Highland Lightning

At the time of writing, I was enjoying a near four-hour train journey from Glasgow to Inverness cutting through the Scottish Highlands. I have been here before; the area’s majestic beauty does not take me by surprise…and yet it does. The brooding hills and mountains, the colourful heathers, the clouds’ shadows sweeping across the bracken. Even the view from outside our chapel continues to fascinate me, and that is not so stunning as these moody glens, haunted by the ghosts of ancient Gaels and haughty stags. It was all so very romantic.

Somewhere along that splendid Highland route, however, and a signal box was struck by lightning, rendering the whole line unusable. So from Perthshire to Inverness, we travelled on coaches, adding an hour to the journey. It meant we spent even more time gazing at those mountains, and my anticipated Spag Bog would not be enjoyed till after 8.30. We might romanticise the natural world, but it can also inconvenience us, or worse. Many of those alpine valleys and peaks were caused by God’s watery judgement; the natural world lies under a curse resulting from its Caretaker’s careless rebellion. That lightning strike, still a part of the natural world we rail-users had been so keen to admire, caused us an hour’s delay.

The new heavens and the new earth will be even more splendid than the old, but without the red teeth and claws, the disruptions, the imbalances, and the hazards.

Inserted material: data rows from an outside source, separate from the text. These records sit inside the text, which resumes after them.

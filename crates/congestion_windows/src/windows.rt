//! What is on its way to all ranks of a job.

ghost use Rattle.std.specs.Prelude.{◌≡◌, ◌||◌, map, slice_get, IfOk};
ghost use Rattle.datagram.specs.ByteMeanings.{datagram_of};
ghost use Rattle.congestion_windows.specs.Flights.{acknowledged_by, acknowledged_from, after_came, after_offer, asked, asks_in, changed};
ghost use Rattle.congestion_windows.specs.Flights.{fresh_in, is_new, offered, opening, settled, withheld_in, withholds};

use crate::flight::Flight;
use crate::limits::WindowLimits;
use datagram::{Content, Datagram, read_form};
use std::alloc::{AllocError, Global};
use std::marker::Model;

/// What is on its way to each rank of a job, rank by rank. It learns from the datagrams that are to go and that come.
///
/// Whoever sends offers each datagram that is to go, in order, and sends those that aren't withheld then. Where `asks`
/// says so, what was deferred is to be offered again.
#[derive(Drop)]
pub struct CongestionWindows {
    limits: WindowLimits,
    flights: Vec<Flight>,
    /// Whether acknowledgements made room for what is deferred since that was asked for.
    asks: bool,
}

impl Model for CongestionWindows {
    ghost use Rattle.congestion_windows.specs.Flights.{WindowsState};

    ghost Value = { WindowsState };

    ghost view = { λ w. record { limits = w.limits; flights = w.flights.items; asks = w.asks } };
}

/// What was deferred is asked for.
fn settle_each(flights: &mut [Flight])
    ensures { flights.new ≡ map settled flights.old }
{
    for flight in flights.iter_mut() {
        flight.settle();
    }
}

/// The same of all.
fn settle_all(flights: &mut Vec<Flight>)
    ensures { flights.new.items ≡ map settled flights.old.items }
{
    settle_each(flights);
}

impl CongestionWindows {
    /// Nothing is on its way to the ranks of a job of this size. The only error is want of memory.
    pub fn new(
        alloc: Global,
        limits: WindowLimits,
        size: u16,
    ) -> Result<CongestionWindows, AllocError>
        ensures { IfOk result (λ windows. windows ≡ opening limits size) }
    {
        let mut flights = Vec::new(alloc);
        flights.resize(usize::from(size), Flight::begun(limits, 0))?;
        Ok(CongestionWindows {
            limits,
            flights,
            asks: false,
        })
    }

    /// A frame of this number and so many bytes is to go to this incarnation of a rank.
    fn on_frame(&mut self, rank: u16, incarnation: u16, number: u64, size: usize)
        ensures { self.new ≡ record self.old {
          flights = changed self.old.flights rank (λ t. offered self.old.limits t incarnation number size);
        } }
    {
        let limits = self.limits;
        if let Some(flight) = self.flights.get_mut(usize::from(rank)) {
            *flight = flight.offered(limits, incarnation, number, size);
        }
    }

    /// A datagram is to go now, as far as whoever sends it knows. Only a frame tells something.
    pub fn offer(&mut self, bytes: &[u8])
        ensures { self.new ≡ after_offer self.old bytes.now }
    {
        if let Ok(
            Datagram {
                header,
                content: Content::Frame(_),
            },
        ) = read_form(bytes)
        {
            self.on_frame(
                header.target.rank,
                header.target.incarnation,
                header.sequence,
                bytes.len(),
            );
        }
    }

    /// Whether there may be room for what is deferred of a rank.
    pub fn asks_for(&self, rank: u16) -> bool
        ensures { result ≡ asks_in (slice_get self.now.flights rank) }
    {
        match self.flights.get(usize::from(rank)) {
            Some(flight) => flight.asks,
            None => false,
        }
    }

    /// An acknowledgement changes what is on its way to a rank.
    fn on_flight(&mut self, rank: u16, incarnation: u16, next: u64, held: u64)
        ensures { self.new ≡ record self.old {
          flights = changed self.old.flights rank (λ t. acknowledged_by self.old.limits t incarnation next held);
        } }
    {
        let limits = self.limits;
        if let Some(flight) = self.flights.get_mut(usize::from(rank)) {
            *flight = flight.acknowledged_by(limits, incarnation, next, held);
        }
    }

    /// An acknowledgement comes from this incarnation of a rank.
    fn on_acknowledgement(&mut self, rank: u16, incarnation: u16, next: u64, held: u64)
        ensures { self.new ≡ acknowledged_from self.old rank incarnation next held }
    {
        self.on_flight(rank, incarnation, next, held);
        self.asks = self.asks || self.asks_for(rank);
    }

    /// A datagram comes. Only an acknowledgement tells something, of the rank that it is from.
    pub fn on_came(&mut self, bytes: &[u8])
        ensures { self.new ≡ after_came self.old (datagram_of bytes.now) }
    {
        if let Ok(
            Datagram {
                header,
                content: Content::Ack(held),
            },
        ) = read_form(bytes)
        {
            self.on_acknowledgement(
                header.source.rank,
                header.source.incarnation,
                header.sequence,
                held,
            );
        }
    }

    fn is_withheld_at(&self, rank: u16, incarnation: u16, number: u64) -> bool
        ensures { result ≡ withheld_in (slice_get self.now.flights rank) incarnation number }
    {
        match self.flights.get(usize::from(rank)) {
            Some(flight) => flight.is_withheld(incarnation, number),
            None => false,
        }
    }

    /// Whether a datagram isn't to go, once it was offered (`Flight::is_withheld`).
    pub fn withholds(&self, bytes: &[u8]) -> bool
        ensures { result ≡ withholds self.now (datagram_of bytes.now) }
    {
        match read_form(bytes) {
            Ok(
                Datagram {
                    header,
                    content: Content::Frame(_),
                },
            ) => self.is_withheld_at(
                header.target.rank,
                header.target.incarnation,
                header.sequence,
            ),
            _ => false,
        }
    }

    fn is_fresh_at(&self, rank: u16, incarnation: u16, number: u64) -> bool
        ensures { result ≡ fresh_in (slice_get self.now.flights rank) incarnation number }
    {
        match self.flights.get(usize::from(rank)) {
            Some(flight) => flight.is_fresh(incarnation, number),
            None => true,
        }
    }

    /// Whether a datagram is no frame that went before (`Flight::is_fresh`).
    pub fn is_new(&self, bytes: &[u8]) -> bool
        ensures { result ≡ is_new self.now (datagram_of bytes.now) }
    {
        match read_form(bytes) {
            Ok(
                Datagram {
                    header,
                    content: Content::Frame(_),
                },
            ) => self.is_fresh_at(
                header.target.rank,
                header.target.incarnation,
                header.sequence,
            ),
            _ => true,
        }
    }

    /// Whether acknowledgements made room for what is deferred since that was asked for.
    pub fn asks(&self) -> bool
        ensures { result ≡ self.now.asks }
    {
        self.asks
    }

    /// What is deferred is asked for.
    pub fn settle(&mut self)
        ensures { self.new ≡ asked self.old }
    {
        settle_all(&mut self.flights);
        self.asks = false;
    }
}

Might the new earth’s lightning be as beautiful as the old’s, while posing no danger at all? Might the lions and leopards be as spectacular there but with a docility that even a child might play with them?

But as it is written:

“Eye has not seen, nor ear heard,

Nor have entered into the heart of man

The things which God has prepared for those who love Him.” (1 Cor 2:9)

Behold the natural splendour of our earth, but anticipate the supernatural splendour of the next.